We have a deep reinforcement training routine with a paralleled evaluation process. Both the training process and the evaluation process have their own models, which are instances of the same class that is inherited from keras.model. While we encountered a strange issue:
With some model classes, the code works fine. But with another model class, the model instance in the subprocess won’t work, while another instance in the main process works well. Specifically, in the subprocess, model(input) just stuck without any reaction and any raised errors.
I don’t know whether is this a multiprocessing issue, a model defining issue, or any other potential issue. If it is a multiprocessing issue, I can’t explain why the issue won’t happen with other model classes. If it is a model-defining issue, I don’t know why the model instance in the main process works without any abnormal.
Does anyone have any ideas on this issue? Or any ideas on how to debug this issue. Many thanks!
Thank you for your comment. The phenomenon is not the same. But I feel like the root cause might be related to my issue.
In my case, the model is initialized within the main process then gets passed to the subprocess. So, the model can be initialized successfully, but can’t be called by call smoothly.

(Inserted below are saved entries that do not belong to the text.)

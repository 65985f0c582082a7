// Tables made of the tasks that they list, and document 01's M.
ghost use Rattle.std.specs.Prelude.{◌≡◌, [], ◌∷◌};
ghost use Rattle.paper.specs.View.{table_of};
ghost use Rattle.paper.specs.Asked.{M};

use paper::{Table, Task};

pub fn task(work: u16, deadline: u16, period: u16) -> Task
    ensures { result ≡ record { work = work; deadline = deadline; period = period } }
{
    Task {
        work,
        deadline,
        period,
    }
}

// The table of these tasks: it keeps the first sixteen, and counts all. `board::lent` has the same for the board; this one stays beside it, because a
// test program reaches no crate but those that it tests.
pub fn table_of(ts: &[Task]) -> Table
    ensures { result ≡ table_of ts.now }
{
    let mut tasks = [Task::default(); 16];
    let kept = ts.len().min(tasks.len());
    tasks[..kept].copy_from_slice(&ts[..kept]);
    Table {
        tasks,
        count: ts.len(),
    }
}

// M of document 01.
pub fn m() -> Table
    ensures { result ≡ table_of M }
{
    table_of(&[task(2, 3, 5), task(2, 8, 10)])
}
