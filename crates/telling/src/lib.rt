// What the test programs share: how a number, a line, a vector and a job are told on standard output, and the tables and states that they ask about.
// No contract can speak of what is written. So each function that tells gives back what it told, of a vector how many places, and its contract says that.
#![tactic(auto)]

ghost use Rattle.std.specs.Prelude.{◌≡◌, min, take, length, IfOk};
ghost use Rattle.telling.specs.Marks.{marks};

use std::io;

mod rows;
pub mod states;
pub mod tables;

pub use rows::Row;

// What each place of a lent vector holds before a call: no offset and no count of idle slots is as large.
pub const MARK: u16 = 65535;

// A number that begins a line.
pub fn number(rt: &impl Print, n: u64) -> io::Result<u64>
    ensures { IfOk result (λ x. x ≡ n) }
{
    print!(rt; "{n}")?;
    Ok(n)
}

// A blank and a number.
pub fn say(rt: &impl Print, n: u64) -> io::Result<u64>
    ensures { IfOk result (λ x. x ≡ n) }
{
    print!(rt; " ")?;
    number(rt, n)
}

// The line's end; the byte that ends it.
pub fn end_line(rt: &impl Print) -> io::Result<u8>
    ensures { IfOk result (λ x. x ≡ 10) }
{
    let end = b'\n';
    print!(rt; "{}", char::from(end))?;
    Ok(end)
}

// The first n places of a vector, or all if it has fewer.
pub fn first(v: &[u16], n: usize) -> Row<'_>
    ensures { result.places.now ≡ take n v.now }
{
    Row {
        places: &v[..n.min(v.len())],
    }
}

// The first n places of a vector, to the line's end. How many there are.
pub fn row(rt: &impl Print, v: &[u16], n: usize) -> io::Result<usize>
    ensures { IfOk result (λ x. x ≡ min n (length v.now)) }
{
    let told = first(v, n);
    println!(rt; "{told}")?;
    Ok(told.places.len())
}

// How many places of a vector hold the mark.
pub fn marks(v: &[u16]) -> usize
    ensures { result ≡ marks v.now }
{
    v.iter().filter(|n| **n == MARK).count()
}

Still don’t have a clear mind on how to solve this issue. But thank you again for contributing this direction.
Sorry for this long-delayed reply… I got disrupted and went to work on other projects.
The good thing is that the direction you pointed out is correct. It is indeed an issue of misusing Keras with multiprocessing. And I’ve already solved the issue according to the material in the issues you posted! Thank you soo much for the help!